Segment Open
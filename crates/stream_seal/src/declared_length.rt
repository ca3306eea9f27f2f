//! A text's declared length.

ghost use Rattle.std.specs.Prelude.{◌≡◌, ◌≤◌, None, length};
ghost use Rattle.stream_seal.specs.DeclaredLength.{declared_after, declared_within, spent, after};

/// How long a text is to be in bytes, and how many of these bytes are still to come.
#[derive(Clone, Copy)]
pub(crate) struct Declared {
    /// The whole length.
    pub(crate) whole: u64,
    /// The bytes that didn't come yet.
    pub(crate) left: u64,
}

/// The declared length, where no byte of it is still to come.
pub(crate) fn spent(declared: Option<Declared>) -> Option<u64>
    ensures { result ≡ spent declared }
{
    match declared {
        Some(declared) if declared.left == 0 => Some(declared.whole),
        _ => None,
    }
}

/// So many bytes, or as many as are still to come where these are fewer.
pub(crate) fn within(declared: Option<Declared>, count: usize) -> usize
    ensures count { result ≡ declared_within declared count }
    ensures most { result ≤ count }
{
    match declared {
        Some(declared) if declared.left < count as u64 => declared.left as usize,
        _ => count,
    }
}

/// What is declared after so many bytes came.
pub(crate) fn after(declared: Option<Declared>, count: usize) -> Option<Declared>
    ensures { result ≡ after declared count }
{
    match declared {
        Some(declared) => Some(Declared {
            whole: declared.whole,
            left: declared.left.saturating_sub(count as u64),
        }),
        None => None,
    }
}

/// A declared length, of which no byte came yet.
pub(crate) fn whole_to_come(declared: Option<u64>) -> Option<Declared>
    ensures { result ≡ declared_after declared 0 }
{
    match declared {
        Some(whole) => Some(Declared { whole, left: whole }),
        None => None,
    }
}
Segment Closed
- ASSIGNMENT -
Transcribe the whole listing word for word.

- ANSWER SECTION -
filename crates/stream_seal/src/declared_length.rt
repository ca3306eea9f27f2f
//! A text's declared length.

ghost use Rattle.std.specs.Prelude.{◌≡◌, ◌≤◌, None, length};
ghost use Rattle.stream_seal.specs.DeclaredLength.{declared_after, declared_within, spent, after};

/// How long a text is to be in bytes, and how many of these bytes are still to come.
#[derive(Clone, Copy)]
pub(crate) struct Declared {
    /// The whole length.
    pub(crate) whole: u64,
    /// The bytes that didn't come yet.
    pub(crate) left: u64,
}

/// The declared length, where no byte of it is still to come.
pub(crate) fn spent(declared: Option<Declared>) -> Option<u64>
    ensures { result ≡ spent declared }
{
    match declared {
        Some(declared) if declared.left == 0 => Some(declared.whole),
        _ => None,
    }
}

/// So many bytes, or as many as are still to come where these are fewer.
pub(crate) fn within(declared: Option<Declared>, count: usize) -> usize
    ensures count { result ≡ declared_within declared count }
    ensures most { result ≤ count }
{
    match declared {
        Some(declared) if declared.left < count as u64 => declared.left as usize,
        _ => count,
    }
}

/// What is declared after so many bytes came.
pub(crate) fn after(declared: Option<Declared>, count: usize) -> Option<Declared>
    ensures { result ≡ after declared count }
{
    match declared {
        Some(declared) => Some(Declared {
            whole: declared.whole,
            left: declared.left.saturating_sub(count as u64),
        }),
        None => None,
    }
}

/// A declared length, of which no byte came yet.
pub(crate) fn whole_to_come(declared: Option<u64>) -> Option<Declared>
    ensures { result ≡ declared_after declared 0 }
{
    match declared {
        Some(whole) => Some(Declared { whole, left: whole }),
        None => None,
    }
}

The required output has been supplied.